Problem to solve:
What is needed is an exact repeat of the lines from the line containing "to_be_bytes w64 result" through the final line of the entries below, and nothing else.

Stored data entries:
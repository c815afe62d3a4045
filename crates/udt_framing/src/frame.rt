// The twelve bytes before those of the file.

ghost use Rattle.std.specs.Prelude.{◌≡◌, ◌+◌, ◌≤◌, ◌++◌, ℕ, length, take, drop, IfSome, IfNone};
ghost use Rattle.std.specs.Int.{w64, to_be_bytes};
ghost use Rattle.udt_model.specs.Emissions.{IsPrefix};
ghost use Rattle.udt_framing.specs.Framing.{header_of};

/// The bytes that a frame begins with.
pub(crate) const MARK: [u8; 4] = [0x55, 0x44, 0x54, 0x46];

/// The number of bytes of a header.
pub(crate) const HEADER_LEN: usize = 12;

/// The header of a file of which `len` bytes are sent: `UDTF`, and the length in eight bytes, the
/// highest first.
#[tactic(auto, unfolding(crate::specs::Framing::header_of))]
pub fn header(len: u64) -> [u8; 12]
    ensures { result ≡ header_of len }
{
    let [a, b, c, d, e, f, g, h] = len.to_be_bytes();
    [0x55, 0x44, 0x54, 0x46, a, b, c, d, e, f, g, h]
}

// The number that eight bytes tell, the highest first.
fn number_of(bytes: &[u8]) -> u64
    requires { length bytes.now ≡ 8 }
    ensures { to_be_bytes w64 result ≡ bytes.now }
{
    u64::from_be_bytes([
        bytes[0], bytes[1], bytes[2], bytes[3], bytes[4], bytes[5], bytes[6], bytes[7],
    ])
}

// The header of `len` with these bytes at a place.
fn header_with(len: u64, at: usize, bytes: &[u8]) -> [u8; 12]
    requires { at + length bytes.now ≤ 12 }
    ensures { result
        ≡ take at (header_of len) ++ bytes.now ++ drop (at + length bytes.now) (header_of len) }
{
    let mut head = header(len);
    head[at..at + bytes.len()].copy_from_slice(bytes);
    head
}

/// A length whose header has the first `at` bytes of the header of `len`, and then these bytes.
pub(crate) fn length_with(len: u64, at: usize, bytes: &[u8]) -> Option<u64>
    requires { at + length bytes.now ≤ 12 }
    ensures some { IfSome result (λ l. IsPrefix (take at (header_of len) ++ bytes.now) (header_of l)) }
    ensures none { IfNone result ((l : ℕ) → ¬ IsPrefix (take at (header_of len) ++ bytes.now) (header_of l)) }
{
    let head = header_with(len, at, bytes);
    let (first, last) = head.split_at(MARK.len());
    if first != MARK.as_slice() {
        return None;
    }
    Some(number_of(last))
}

Answer box:
    ensures { to_be_bytes w64 result ≡ bytes.now }
{
    u64::from_be_bytes([
        bytes[0], bytes[1], bytes[2], bytes[3], bytes[4], bytes[5], bytes[6], bytes[7],
    ])
}

// The header of `len` with these bytes at a place.
fn header_with(len: u64, at: usize, bytes: &[u8]) -> [u8; 12]
    requires { at + length bytes.now ≤ 12 }
    ensures { result
        ≡ take at (header_of len) ++ bytes.now ++ drop (at + length bytes.now) (header_of len) }
{
    let mut head = header(len);
    head[at..at + bytes.len()].copy_from_slice(bytes);
    head
}

/// A length whose header has the first `at` bytes of the header of `len`, and then these bytes.
pub(crate) fn length_with(len: u64, at: usize, bytes: &[u8]) -> Option<u64>
    requires { at + length bytes.now ≤ 12 }
    ensures some { IfSome result (λ l. IsPrefix (take at (header_of len) ++ bytes.now) (header_of l)) }
    ensures none { IfNone result ((l : ℕ) → ¬ IsPrefix (take at (header_of len) ++ bytes.now) (header_of l)) }
{
    let head = header_with(len, at, bytes);
    let (first, last) = head.split_at(MARK.len());
    if first != MARK.as_slice() {
        return None;
    }
    Some(number_of(last))
}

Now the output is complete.